:: BRIEF ::
Scan the data for "taken" and copy the lines it appears in.

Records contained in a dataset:
◆ ◆ ◆ ◆

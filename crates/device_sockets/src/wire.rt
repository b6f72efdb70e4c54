//! A nonblocking TCP connection as a peer's wire.

ghost use Rattle.std.specs.Prelude.{◌≡◌, ◌<◌, ◌≤◌, length, None, IfSome};
ghost use Rattle.device_sockets.specs.Reads.{IsDrainedOnlyIfShort};
ghost use Rattle.enip_server.specs.Wires.{IsRead, after_read};

use enip_server::{ReadOutcome, Wire, WireCounts};
use enip_wire::Header;
use mio::net::TcpStream;
use owner_port::HasAddress;
use retried_io::{read_some, write_some};
use std::io::ErrorKind;
use std::net::{IpAddr, Shutdown, SocketAddr};

/// A nonblocking TCP connection.
#[derive(Drop)]
pub struct TcpWire {
    stream: TcpStream,
    /// The address of the client.
    address: IpAddr,
    counts: WireCounts,
}

impl TcpWire {
    /// The wire of a new connection to a client at this address.
    pub fn new(stream: TcpStream, address: SocketAddr) -> TcpWire {
        TcpWire {
            stream,
            address: address.ip().to_canonical(),
            counts: WireCounts::new(),
        }
    }

    /// As `read`, but never reports that it read all, so that another read follows once these bytes are served.
    pub fn read_partial(&mut self, into: &mut [u8]) -> ReadOutcome
        requires { 0 < length into.old }
        ensures read { IsRead None None result into.new }
        ensures counts { self.new.counts ≡ after_read result self.old.counts }
    {
        let outcome = match read_now(&mut self.stream, into) {
            ReadOutcome::Drained(size) => ReadOutcome::Bytes(size),
            outcome => outcome,
        };
        self.counts.add_read(outcome);
        outcome
    }
}

impl HasAddress for TcpWire {
    ghost address_of = { λ wire. wire.address };

    fn address(&self) -> IpAddr {
        self.address
    }
}

impl Wire for TcpWire {
    ghost left = { λ _. None };

    ghost written = { λ _. None };

    ghost known = { λ _. None };

    ghost counts = { λ wire. wire.counts };

    fn read(&mut self, into: &mut [u8]) -> ReadOutcome {
        let outcome = read_now(&mut self.stream, into);
        self.counts.add_read(outcome);
        outcome
    }

    fn write(&mut self, from: &[u8]) -> Option<usize> {
        let taken = write_now(&mut self.stream, from);
        self.counts.add_write(taken);
        taken
    }

    fn shut(&mut self) {
        let _ = self.stream.shutdown(Shutdown::Write);
    }
}

/// Reads once. A read that does not fill its buffer has read all there is, and the system will report what comes next.
/// After a read that is shorter than a header another one follows all the same. That happens once in a frame at most.
fn read_now(stream: &mut TcpStream, into: &mut [u8]) -> ReadOutcome
    requires { 0 < length into.old }
    ensures read { IsRead None None result into.new }
    ensures short { IsDrainedOnlyIfShort (length into.new) result }
{
    match read_some(stream, into) {
        Ok(0) => ReadOutcome::End,
        Ok(size) if size < into.len() && size >= Header::SIZE => ReadOutcome::Drained(size),
        Ok(size) => ReadOutcome::Bytes(size),
        Err(error) if error.kind() == ErrorKind::WouldBlock => ReadOutcome::WouldBlock,
        Err(_) => ReadOutcome::Failed,
    }
}

/// Writes once. Returns how many of the bytes were written.
fn write_now(stream: &mut TcpStream, from: &[u8]) -> Option<usize>
    ensures { IfSome result (λ n. n ≤ length from.now) }
{
    match write_some(stream, from) {
        Ok(0) if !from.is_empty() => None,
        Ok(size) => Some(size),
        Err(error) if error.kind() == ErrorKind::WouldBlock => Some(0),
        Err(_) => None,
    }
}
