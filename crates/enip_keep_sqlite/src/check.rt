//! Whether a store holds what this keeper writes, and nothing else.
ghost use Rattle.std.specs.Prelude.{◌≡◌, ◌≤◌, false, IsTrue, IfErr, OnOk};
ghost use Rattle.sqlite_trees.specs.View.{IsClean};
ghost use Rattle.enip_keep_sqlite.specs.Causes.{IsRowCause};
ghost use Rattle.enip_keep_sqlite.specs.Rows.{IsAtRest, IsCalm, IsForeign, IsOnlyTable, Looks};

use crate::read::read_all;
use enip_keep::KeepError;
use sqlite_trees::store::{Shape, Store};
use std::alloc::Global;

/// Whether the first tree is a table without a column of the type REAL, and the only one.
fn has_table<S: Store>(store: &S) -> bool
    ensures shape { IsTrue result → (S.view store.now).shape 0 ≡ Shape.Table }
    ensures reals { IsTrue result → (S.view store.now).reals 0 ≡ 0 }
    ensures alone { IsTrue result → (S.view store.now).shape 1 ≡ Shape.Absent }
    ensures other { result ≡ false → ¬ IsOnlyTable (S.view store.now) }
{
    match (store.shape(0), store.shape(1)) {
        (Shape::Table, Shape::Absent) => store.reals(0) == 0,
        _ => false,
    }
}

/// Reads each row of a store in which no transaction is open. Any row that this keeper does not write is refused.
pub(crate) fn check<S: Store>(alloc: Global, store: &mut S) -> Result<(), KeepError>
    requires same { IsClean (S.view store.old) → IsTrue (S.view store.old).is_open
        → (S.view store.old).trees ≡ (S.view store.old).committed }
    ensures rest { IsClean (S.view store.new) → OnOk result (IsAtRest (S.view store.new)) }
    ensures committed { IsClean (S.view store.new) → OnOk result
        ((S.view store.new).committed ≡ (S.view store.old).committed) }
    ensures only { IsClean (S.view store.new) → OnOk result (IsOnlyTable (S.view store.old)) }
    ensures looks { IsClean (S.view store.new) → OnOk result (Looks (S.view store.old) (S.view store.new)) }
    ensures cause { IsClean (S.view store.new) → IfErr result (IsRowCause (IsTrue (S.view store.old).is_broken)
        (IsForeign (S.view store.old)) (S.faults store.old) (S.faults store.new)) }
    ensures calm { IsCalm S.view S.faults S.recovers store.old store.new }
{
    if !has_table(store) {
        return Err(KeepError::Foreign);
    }
    read_all(alloc, store)?;
    Ok(())
}
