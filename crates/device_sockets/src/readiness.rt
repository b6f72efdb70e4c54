//! When to try a socket that gives one connection or datagram after another.

ghost use Rattle.std.specs.Prelude.{◌≡◌, ◌↔◌, IsTrue};
ghost use Rattle.std.specs.IoError.{error_kind};
ghost use Rattle.device_sockets.specs.Readiness as spec;

use std::io;
use std::io::ErrorKind;

/// How long a socket is left alone after an error, in microseconds: a second.
const RETRY_DELAY: u64 = 1_000_000;

/// When a socket is tried next. Times are in microseconds.
#[derive(Clone, Copy)]
pub enum Readiness {
    /// At once: it may have more.
    Ready,
    /// When the system reports it: it has nothing now.
    Blocked,
    /// At this time: it has something that it could not give, for example for lack of descriptors.
    RetryAt(u64),
}

impl Readiness {
    /// The readiness of a socket after an error.
    pub fn after_error(error: &io::Error, now: u64) -> Readiness
        ensures { result ≡ spec.after_error (error_kind error.now) now }
    {
        match error.kind() {
            ErrorKind::WouldBlock => Readiness::Blocked,
            ErrorKind::Interrupted | ErrorKind::ConnectionAborted => Readiness::Ready,
            _ => Readiness::RetryAt(now.saturating_add(RETRY_DELAY)),
        }
    }

    /// The readiness once the system reports the socket as readable. A delay after an error goes on.
    pub fn on_readable(self) -> Readiness
        ensures { result ≡ spec.on_readable self }
    {
        match self {
            Readiness::Ready | Readiness::Blocked => Readiness::Ready,
            Readiness::RetryAt(time) => Readiness::RetryAt(time),
        }
    }

    /// The readiness once a descriptor is free that the socket may have lacked.
    pub fn on_descriptor_freed(self) -> Readiness
        ensures { result ≡ spec.on_descriptor_freed self }
    {
        match self {
            Readiness::Blocked => Readiness::Blocked,
            Readiness::Ready | Readiness::RetryAt(_) => Readiness::Ready,
        }
    }

    /// The time of the next try, unless the system reports the socket earlier. A socket that is ready has time 0.
    pub fn next_try(self) -> Option<u64>
        ensures { result ≡ spec.next_try self }
    {
        match self {
            Readiness::Ready => Some(0),
            Readiness::Blocked => None,
            Readiness::RetryAt(time) => Some(time),
        }
    }

    /// Whether to try the socket now.
    pub fn is_due(self, now: u64) -> bool
        ensures { IsTrue result ↔ spec.IsDue now self }
    {
        match self.next_try() {
            Some(time) => time <= now,
            None => false,
        }
    }
}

◆ ◆ ◆ ◆

:: THE COMPLETED TASK ::
        let taken = write_now(&mut self.stream, from);
        self.counts.add_write(taken);
        taken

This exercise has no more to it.